> **ENTRIES SUPPLIED**:

//! How far a hunt goes.
ghost use Rattle.std.specs.Prelude.{◌≡◌, ◌+◌, ◌<◌, ◌^◌};
ghost use Rattle.rv_plans.specs.GoesOn as spec;

/// The greatest budget, in steps.
pub const MOST_BUDGET: u64 = 1_000_000_000_000_000;

/// How far a hunt goes: just so many runs, or as many as a budget of steps allows.
#[derive(Clone, Copy)]
pub enum Limit {
    Runs(u64),
    Budget(u64),
}

/// How far a hunt has come: how many runs it made, what they cost, and whether no more of them could show a race.
#[derive(Clone, Copy)]
pub struct Reached {
    pub runs: u64,
    pub cost: u64,
    pub is_hopeless: bool,
}

impl Limit {
    /// Whether one more run is made, behind those from a number on.
    pub fn goes_on(self, first: u32, reached: Reached) -> bool
        ensures { result ≡ spec.goes_on self first reached }
    {
        match self {
            Limit::Runs(runs) => reached.runs < runs,
            Limit::Budget(steps) => {
                reached.runs <= u64::from(u32::MAX - first)
                    && reached.cost < steps
                    && !reached.is_hopeless
            }
        }
    }
}

/// The number of the next run, behind so many from a number on.
pub fn next_number(first: u32, runs: u64) -> u32
    requires { first + runs < 2 ^ 32 }
    ensures { result ≡ first + runs }
{
    (u64::from(first) + runs) as u32
}
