/// Takes the step of a word, by one jump over the opcode's five upper bits and funct3: each number stands for itself,
/// since a range is compared with apart from the jump. It is compiled apart for each place, so that it is called once
/// and compiled into its caller. No more is asked of
/// the arms than that they try a likely operation, since each tests the word by that operation's row. Each
/// names its operation as a constant, so that it is compiled to the operands and the action of that operation
/// alone. What accesses memory is a function of its own for each operation, since the others need no more registers
/// than a call may use.
#[inline(always)]
fn dispatched<const PLACE: u8, S: ByteStore, P: Stops>(
    store: &mut S,
    hart: &mut Hart,
    noted: &mut Noted,
    word: u32,
    stops: &P,
) -> Attempt
    requires fetches { Fetches (S.memory store.old) word hart.old }
    ensures tried { Tried (P.passes stops.now) hart.old hart.new (S.memory store.old) (S.memory store.new) (event_of_attempt result noted.new.access) (is_reserving result) }
    ensures kept { KeepsBack (S.memory store.old) hart.old result noted.old noted.new }
{
    let is_plain = (word >> 25) % 128 == 0;
    let is_product = word & 0x0200_0000 != 0;
    match (word >> 2) % 32 * 8 + (word >> 12) % 8 {
        0x00 => of_access(load_apart::<operations::Lb, S, P>(store, hart, noted, word, stops)),
        0x01 => of_access(load_apart::<operations::Lh, S, P>(store, hart, noted, word, stops)),
        0x02 => of_access(load_apart::<operations::Lw, S, P>(store, hart, noted, word, stops)),
        0x04 => of_access(load_apart::<operations::Lbu, S, P>(store, hart, noted, word, stops)),
        0x05 => of_access(load_apart::<operations::Lhu, S, P>(store, hart, noted, word, stops)),
        0x18 | 0x19 | 0x1a | 0x1b | 0x1c | 0x1d | 0x1e | 0x1f => set_by(
            store,
            hart,
            Op::Fence,
            noted,
            word,
            stops,
        ),
        0x20 => set_by(store, hart, Op::Addi, noted, word, stops),
        0x21 => set_by(store, hart, Op::Slli, noted, word, stops),
        0x22 => set_by(store, hart, Op::Slti, noted, word, stops),
        0x23 => set_by(store, hart, Op::Sltiu, noted, word, stops),
        0x24 => set_by(store, hart, Op::Xori, noted, word, stops),
        0x25 => if is_plain {
            set_by(store, hart, Op::Srli, noted, word, stops)
        } else {
            set_by(store, hart, Op::Srai, noted, word, stops)
        },
        0x26 => set_by(store, hart, Op::Ori, noted, word, stops),
        0x27 => set_by(store, hart, Op::Andi, noted, word, stops),
        0x28 | 0x29 | 0x2a | 0x2b | 0x2c | 0x2d | 0x2e | 0x2f => set_by(
            store,
            hart,
            Op::Auipc,
            noted,
            word,
            stops,
        ),
        0x40 => of_access(store_apart::<operations::Sb, S, P>(store, hart, noted, word, stops)),
        0x41 => of_access(store_apart::<operations::Sh, S, P>(store, hart, noted, word, stops)),
        0x42 => of_access(store_apart::<operations::Sw, S, P>(store, hart, noted, word, stops)),
        0x5a => exchanged(store, hart, noted, word, stops),
        0x60 => if is_plain {
            set_by(store, hart, Op::Add, noted, word, stops)
        } else if is_product {
            multiplied(store, hart, noted, word, stops)
        } else {
            set_by(store, hart, Op::Sub, noted, word, stops)
        },
        0x61 => if is_product {
            multiplied(store, hart, noted, word, stops)
        } else {
            set_by(store, hart, Op::Sll, noted, word, stops)
        },
        0x62 => if is_product {
            multiplied(store, hart, noted, word, stops)
        } else {
            set_by(store, hart, Op::Slt, noted, word, stops)
        },
        0x63 => if is_product {
            multiplied(store, hart, noted, word, stops)
        } else {
            set_by(store, hart, Op::Sltu, noted, word, stops)
        },
        0x64 => if is_product {
            multiplied(store, hart, noted, word, stops)
        } else {
            set_by(store, hart, Op::Xor, noted, word, stops)
        },
        0x65 => if is_plain {
            set_by(store, hart, Op::Srl, noted, word, stops)
        } else if is_product {
            multiplied(store, hart, noted, word, stops)
        } else {
            set_by(store, hart, Op::Sra, noted, word, stops)
        },
        0x66 => if is_product {
            multiplied(store, hart, noted, word, stops)
        } else {
            set_by(store, hart, Op::Or, noted, word, stops)
        },
        0x67 => if is_product {
            multiplied(store, hart, noted, word, stops)
        } else {
            set_by(store, hart, Op::And, noted, word, stops)
        },
        0x68 | 0x69 | 0x6a | 0x6b | 0x6c | 0x6d | 0x6e | 0x6f => set_by(
            store,
            hart,
            Op::Lui,
            noted,
            word,
            stops,
        ),
        0xc0 => set_by(store, hart, Op::Beq, noted, word, stops),
        0xc1 => set_by(store, hart, Op::Bne, noted, word, stops),
        0xc4 => set_by(store, hart, Op::Blt, noted, word, stops),
        0xc5 => set_by(store, hart, Op::Bge, noted, word, stops),
        0xc6 => set_by(store, hart, Op::Bltu, noted, word, stops),
        0xc7 => set_by(store, hart, Op::Bgeu, noted, word, stops),
        0xc8 => set_by(store, hart, Op::Jalr, noted, word, stops),
        0xd8 | 0xd9 | 0xda | 0xdb | 0xdc | 0xdd | 0xde | 0xdf => set_by(
            store,
            hart,
            Op::Jal,
            noted,
            word,
            stops,
        ),
        _ => Attempt::Nothing,
    }
}
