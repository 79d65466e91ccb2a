//! The plans of a hunt's runs.
ghost use Rattle.std.specs.Prelude.{◌≡◌, ◌↔◌, ◌≤◌, true, unwrap_or, IsSome, IfSome};
ghost use Rattle.rv_collide.specs.Numbers.{numbers};
ghost use Rattle.rv_collide.specs.Plan.{IsPlan};
ghost use Rattle.rv_plans.specs.Plans as spec;

use rv_collide::plan::{MOST_ARMS, MOST_HARTS, MOST_PAUSE, MOST_SLOTS, MOST_STEPS, Plan};
use rv_walk::course::{four_of, steps_at};
use std::marker::Model;

/// The lengths of a run: how many steps its harts make together at most (1 to 1,000,000), how many addresses are armed
/// in all at most (0 to 4096), and how many steps of other harts a pause lasts at least (1 to 65,535).
#[derive(Clone, Copy)]
pub struct Lengths {
    pub steps: u32,
    pub arms: u32,
    pub pause: u32,
}

/// What the runs of a hunt are: of each four three walks and a sampled run, sampled runs alone, or walks alone.
#[derive(Clone, Copy)]
pub enum Mix {
    Mixed,
    Sampled,
    Walks,
}

/// The plans of all runs, by number. The lengths go through all scales, and there are 2, 4 and 8 harts by turns, where
/// none are given.
#[derive(Drop)]
pub struct Plans {
    mix: Mix,
    harts: Option<u8>,
    slots: u8,
    lengths: Option<Lengths>,
}

/// A run of a hunt: its plan, and its number, which with the seed gives its words.
#[derive(Clone, Copy)]
pub struct Numbered {
    pub plan: Plan,
    pub number: u32,
}

impl Model for Plans {
    ghost use Rattle.rv_plans.specs.Plans.{Given, IsGiven};

    ghost Value = { Given };

    ghost view = { λ p. record { mix = p.mix; harts = p.harts; slots = p.slots; lengths = p.lengths } };

    ghost invariant = { λ p. IsGiven (record { mix = p.mix; harts = p.harts; slots = p.slots; lengths = p.lengths }) };
}

impl Mix {
    /// Whether the run is one whose harts are paused at sites that are drawn.
    pub fn is_sampled(self, run: u32) -> bool
        ensures { result ≡ spec.is_sampled self run }
    {
        match self {
            Mix::Mixed => run % 4 == 3,
            Mix::Sampled => true,
            Mix::Walks => false,
        }
    }

    /// How many steps a run makes, where that is not given: at most, or as a walk at least where its harts are awake.
    fn steps_of(self, run: u32) -> u32
        ensures is { result ≡ spec.steps_of self run }
        ensures some { 1000 ≤ result }
        ensures few { result ≤ 1_000_000 }
    {
        match self {
            Mix::Mixed | Mix::Walks => steps_at(u64::from(four_of(run))),
            Mix::Sampled => steps_at(u64::from(run) + 1),
        }
    }

    /// The lengths of a run, where they are not given.
    fn lengths_of(self, run: u32) -> Lengths
        ensures value { result ≡ spec.lengths_of self run }
        ensures legal { spec.AreLengths result }
    {
        let steps = self.steps_of(run);
        Lengths {
            steps,
            arms: 64,
            pause: steps / 20,
        }
    }
}

/// How many harts a run has, where that is not given.
fn harts_of(run: u32) -> u8
    ensures { result ≡ spec.harts_of run }
{
    match run % 3 {
        0 => 2,
        1 => 4,
        _ => 8,
    }
}

/// Whether a run may have the lengths.
fn are_lengths(lengths: Lengths) -> bool
    ensures { (result ≡ true) ↔ spec.AreLengths lengths }
{
    let run = 1 <= lengths.steps && lengths.steps <= MOST_STEPS && lengths.arms <= MOST_ARMS;
    run && 1 <= lengths.pause && lengths.pause <= MOST_PAUSE
}

impl Plans {
    /// The plans of such runs with so many harts (1 to 16), slots (1 to 8) and lengths, where they are in range.
    pub fn new(mix: Mix, harts: Option<u8>, slots: u8, lengths: Option<Lengths>) -> Option<Plans>
        ensures valid { IsSome result
            ↔ spec.IsGiven (record { mix = mix; harts = harts; slots = slots; lengths = lengths }) }
        ensures value { IfSome result (λ plans. plans
            ≡ record { mix = mix; harts = harts; slots = slots; lengths = lengths }) }
    {
        if let Some(harts) = harts {
            if !(1 <= harts && harts <= MOST_HARTS) {
                return None;
            }
        }
        if let Some(lengths) = lengths {
            if !are_lengths(lengths) {
                return None;
            }
        }
        if 1 <= slots && slots <= MOST_SLOTS {
            Some(Plans {
                mix,
                harts,
                slots,
                lengths,
            })
        } else {
            None
        }
    }

    /// What the runs are.
    pub fn mix(&self) -> Mix
        ensures { result ≡ self.now.mix }
    {
        self.mix
    }

    /// How many harts a run has.
    fn harts(&self, run: u32) -> u8
        ensures value { result ≡ unwrap_or self.now.harts (spec.harts_of run) }
        ensures legal { spec.IsHarts result }
    {
        match self.harts {
            Some(harts) => harts,
            None => harts_of(run),
        }
    }

    /// The lengths of a run.
    fn lengths(&self, run: u32) -> Lengths
        ensures value { result ≡ unwrap_or self.now.lengths (spec.lengths_of self.now.mix run) }
        ensures legal { spec.AreLengths result }
    {
        match self.lengths {
            Some(lengths) => lengths,
            None => self.mix.lengths_of(run),
        }
    }

    /// The plan of a run, which is a legal one.
    #[tactic(auto, unfolding(crate::specs::Plans::plan_of))]
    pub fn plan(&self, run: u32) -> Plan
        ensures value { numbers result ≡ spec.plan_of self.now run }
        ensures legal { IsPlan (spec.plan_of self.now run) }
    {
        let harts = self.harts(run);
        let lengths = self.lengths(run);
        let _slots = self.slots;
        match Plan::new(
            harts,
            lengths.steps,
            lengths.arms,
            lengths.pause,
            self.slots,
        ) {
            Some(plan) => plan,
            None => unreachable!(),
        }
    }

    /// The run of that number, which is made again by its plan and its number.
    pub fn numbered(&self, number: u32) -> Numbered
        ensures plan { numbers result.plan ≡ spec.plan_of self.now number }
        ensures number { result.number ≡ number }
    {
        let plan = self.plan(number);
        Numbered { plan, number }
    }
}
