/// What an instruction is to the order of accesses.
#[derive(Clone, Copy)]
pub enum Role {
    /// LR, SC or an AMO.
    Atomic,
    /// A plain store with a fence in front of it, as a release is compiled.
    Release,
    /// A plain load with a fence behind it, as an acquire is compiled, or one that a loop waits on until it acquires.
    Acquire,
    /// Another plain load.
    Load,
    /// Another plain store, or no access.
    Plain,
}
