//! What the rules of the classes come to. The function's contract is the laws.
ghost use Rattle.rv_prune.specs.ClassLaws as law;

/// A range is touched exactly where some address is a byte of both. Through a flag's mask the old and the
/// new value are one.
pub fn classes()
    ensures touching { law.TouchingIsSharing }
    ensures flags { law.FlagsLookSame }
{}
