/// What an ending counts as. All but `Kept` are counted apart from the races.
#[derive(Clone, Copy, Debug, PartialEq, Eq)]
pub enum Class {
    /// Its bytes were listed.
    Named,
    /// It read a flag, and the code does not look at the bits that changed.
    Flag,
    /// Two harts counted in memory.
    Counter,
    /// None of these: it is shown.
    Kept,
}
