//! Which endings are counted apart.
ghost use Rattle.std.specs.Prelude.{◌≡◌};
ghost use Rattle.rv_prune.specs.Class as spec;

use crate::class::Class;
use crate::named_bytes::NamedBytes;
use crate::rules::{is_counter, is_flag, is_named};
use rv_collide::ending::Ending;
use rv_elf::Image;

/// The class of an ending of the image: the first of Named, Flag and Counter whose rule holds, else Kept.
/// A range is the address of its first byte and its size; one of size 0 is touched by nothing. It takes no
/// memory.
#[tactic(auto, unfolding(crate::specs::Class::class))]
pub fn classify(image: &Image, ending: &Ending, ranges: &NamedBytes) -> Class
    ensures { result ≡ spec.class image.now ending.now ranges.now }
{
    if is_named(ranges, ending) {
        Class::Named
    } else if is_flag(image, ending) {
        Class::Flag
    } else if is_counter(image, ending) {
        Class::Counter
    } else {
        Class::Kept
    }
}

> **WORK INSTRUCTIONS**: Taking the records above, retype every line from the one with "those from a number on." down to the one with "many from a number on.", exactly and with nothing else.

> **RESULT OF THE EXERCISE**:
    /// Whether one more run is made, behind those from a number on.
    pub fn goes_on(self, first: u32, reached: Reached) -> bool
        ensures { result ≡ spec.goes_on self first reached }
    {
        match self {
            Limit::Runs(runs) => reached.runs < runs,
            Limit::Budget(steps) => {
                reached.runs <= u64::from(u32::MAX - first)
                    && reached.cost < steps
                    && !reached.is_hopeless
            }
        }
    }
}

/// The number of the next run, behind so many from a number on.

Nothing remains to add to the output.